A helicopter will then carry Behnken and Hurley to shore. From there, they will take a plane to Houston.

All in all, the return journey should take 21 hours and 27 minutes.

If weather forces a delay, however, it could take anywhere from 6 to 30 hours.

Behnken and Hurley will bring a trophy back to Earth with them: the coveted prize in a 9-year game of capture the flag.

The American flag flew on the first space shuttle and has stayed on the International Space Station since the shuttles stopped launching in 2011, waiting for the first commercial spaceship crew to claim it.
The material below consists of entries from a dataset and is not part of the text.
//! A script's tokens as one value.

ghost use Rattle.std.specs.Prelude.{◌≡◌, ◌≤◌, ◌<◌, ◌==◌, length};
ghost use Rattle.sql_lex.specs.Tokens.{AreSpans};
ghost use Rattle.sql_lex.specs.Openings.{opens_at, place_at, is_opening_word};
ghost use Rattle.sql_lex.specs.Openings.{follows_end as follows_end_at};

use crate::{Position, Sign, Token, TokenKind, Word};
use std::marker::Model;

/// The tokens of a script in their order, and the place of its end. Contracts see both as a
/// `Lexing`.
#[derive(Debug, Drop)]
pub struct Tokens {
    list: Vec<Token>,
    end_line: u64,
    end_column: u64,
}

impl Model for Tokens {
    ghost use Rattle.sql_lex.specs.Tokens.{AreSpans, Lexing};

    ghost Value = { Lexing };

    ghost view = { λ t. record { tokens = t.list.items; end_line = t.end_line; end_column = t.end_column } };

    ghost invariant = { λ t. AreSpans 0 0 t.list.items };
}

impl Tokens {
    /// These tokens, and the place of the end.
    pub(crate) fn of(list: Vec<Token>, end: Position) -> Tokens
        requires { AreSpans 0 0 list.items }
        ensures { result ≡ record {
          tokens = list.items;
          end_line = end.line;
          end_column =
              end.column;
        } }
    {
        Tokens {
            list,
            end_line: end.line,
            end_column: end.column,
        }
    }

    /// A law of every such value: the tokens count up from 0, their spans are in order and not
    /// empty, and only the last may be Bad.
    pub fn spans_are_in_order(&self)
        ensures { AreSpans 0 0 self.now.tokens }
    {
        let _ = &self.list;
    }

    /// How many tokens there are.
    pub fn len(&self) -> usize
        ensures { result ≡ length self.now.tokens }
    {
        self.list.len()
    }

    /// Whether there is none.
    pub fn is_empty(&self) -> bool
        ensures { result ≡ (length self.now.tokens == 0) }
    {
        self.list.is_empty()
    }

    /// The tokens in their order.
    pub fn as_slice(&self) -> &[Token]
        ensures { result.now ≡ self.now.tokens }
    {
        self.list.as_slice()
    }
}

/// Whether the token opens a construct, by the tokens alone: `(`, and, but right after END, CASE,
/// BEGIN, IF, LOOP, WHILE and REPEAT.
pub fn opens(tokens: &Tokens, at: usize) -> bool
    requires { at < length tokens.now.tokens }
    ensures { result ≡ opens_at tokens.now.tokens at }
{
    let list = tokens.as_slice();
    match list[at].kind() {
        TokenKind::Sign(sign) => sign == Sign::LeftParen,
        TokenKind::Word(word) => opens_by_itself(word) && !follows_end(list, at),
        TokenKind::Name | TokenKind::Number | TokenKind::Text | TokenKind::Bad => false,
    }
}

// Whether the word opens a construct, where END does not stand right before it.
fn opens_by_itself(word: Word) -> bool
    ensures { result ≡ is_opening_word word }
{
    matches!(
        word,
        Word::Case | Word::Begin | Word::If | Word::Loop | Word::While | Word::Repeat
    )
}

// Whether END stands right before the token.
fn follows_end(list: &[Token], at: usize) -> bool
    requires { at < length list.now }
    ensures { result ≡ follows_end_at list.now at }
{
    at > 0 && list[at - 1].kind() == TokenKind::Word(Word::End)
}

/// The line and the column of the token, or, after the last one, of the end of the script.
pub fn place(tokens: &Tokens, at: usize) -> (u64, u64)
    requires { at ≤ length tokens.now.tokens }
    ensures { result ≡ place_at tokens.now at }
{
    match tokens.as_slice().get(at) {
        Some(token) => (token.line, token.column),
        None => (tokens.end_line, tokens.end_column),
    }
}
SpaceX and Boeing have both been developing astronaut-ready spaceships through a public-private partnership program that the Obama administration started. Musk's company got to a crewed mission first.
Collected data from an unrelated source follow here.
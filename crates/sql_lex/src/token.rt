//! Tokens.

use crate::{Sign, Word};
use sql_texts::{Name, Text};

/// What a token is, with what it spells.
#[derive(Debug, Drop)]
pub enum Lexeme {
    /// A name, folded to capitals.
    Name(Name),
    /// A reserved word.
    Word(Word),
    /// A whole number from 0 to 2^63-1.
    Number(i64),
    /// A text in single quotes.
    Text(Text),
    Sign(Sign),
    /// What begins no token. No token follows it.
    Bad,
}

/// What a rule of a grammar asks of a token.
#[derive(Clone, Copy, Debug, PartialEq, Eq)]
pub enum TokenKind {
    Name,
    Word(Word),
    Number,
    Text,
    Sign(Sign),
    Bad,
}

/// A token and where it stands. Its bytes are those from `start` up to `end`.
#[derive(Debug, Drop)]
pub struct Token {
    pub lexeme: Lexeme,
    /// Its place among the tokens, from 0.
    pub number: usize,
    pub start: usize,
    pub end: usize,
    /// Its line, counted by LF, from 1.
    pub line: u64,
    /// Its column in the line, counted in bytes, from 1.
    pub column: u64,
}

impl Token {
    ghost use Rattle.std.specs.Prelude.{◌≡◌};
    ghost use Rattle.sql_lex.specs.Tokens.{kind_of};

    /// What rules ask of it.
    pub fn kind(&self) -> TokenKind
        ensures { result ≡ kind_of self.now.lexeme }
    {
        match self.lexeme {
            Lexeme::Name(_) => TokenKind::Name,
            Lexeme::Word(word) => TokenKind::Word(word),
            Lexeme::Number(_) => TokenKind::Number,
            Lexeme::Text(_) => TokenKind::Text,
            Lexeme::Sign(sign) => TokenKind::Sign(sign),
            Lexeme::Bad => TokenKind::Bad,
        }
    }
}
That means Behnken and Hurley get to bring back the flag.

Musk and NASA officials have been anxiously waiting for the moment the astronauts return to Earth: "I'm not going to celebrate until Bob and Doug are home safely," Bridenstine said after the Crew Dragon reached orbit on May 30.
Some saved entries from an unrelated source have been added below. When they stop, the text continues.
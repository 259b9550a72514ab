//! Places in a script, counted on byte by byte.

ghost use Rattle.std.specs.Prelude.{◌≡◌, ◌+◌, ◌≤◌, ◌<◌, ◌^◌, length};
ghost use Rattle.sql_lex.specs.Places.{origin, past, moved};

/// A place in a script.
#[derive(Clone, Copy, Debug, PartialEq, Eq)]
pub struct Position {
    /// How many bytes stand before it.
    pub at: usize,
    /// Its line, counted by LF, from 1.
    pub line: u64,
    /// Its column in the line, counted in bytes, from 1.
    pub column: u64,
}

impl Position {
    /// The place of the first byte.
    pub(crate) const ORIGIN: Position = Position {
        at: 0,
        line: 1,
        column: 1,
    };

    // The place right after a byte that stands at this place.
    fn moved(self, b: u8) -> Position
        requires at { self.at < 2 ^ 63 }
        requires line { self.line < 2 ^ 63 }
        requires column { self.column < 2 ^ 63 }
        ensures { result ≡ moved b self }
    {
        if b == b'\n' {
            Position {
                at: self.at + 1,
                line: self.line + 1,
                column: 1,
            }
        } else {
            Position {
                at: self.at + 1,
                line: self.line,
                column: self.column + 1,
            }
        }
    }

    /// The place right after bytes of which the first stands at this place.
    pub(crate) fn past(self, bytes: &[u8]) -> Position
        requires at { self.at + length bytes.now < 2 ^ 63 }
        requires line { self.line ≤ self.at + 1 }
        requires column { self.column ≤ self.at + 1 }
        ensures is { result ≡ past bytes.now self }
        ensures at { result.at ≡ self.at + length bytes.now }
        ensures line { result.line ≤ result.at + 1 }
        ensures column { result.column ≤ result.at + 1 }
    {
        let mut position = self;
        for b in bytes {
            position = position.moved(*b);
        }
        position
    }
}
Musk has said he feels responsible for the men's lives while they're in his company's spaceship.

"I felt it most strongly when I saw their families just before coming here," Musk told reporters ahead of the mission's launch.

He paused for a few seconds and appearing to choke up before continuing: "I said, 'We've done everything we can to make sure your dads come back OK.'"

If all goes well, NASA will use Crew Dragon to ferry astronauts to and from the ISS regularly — a capability that will free the US of its dependence on expensive Russian Soyuz rockets.

After Demo-2, NASA has contracted six round trips on Crew Dragon. The first one is scheduled to launch in late September.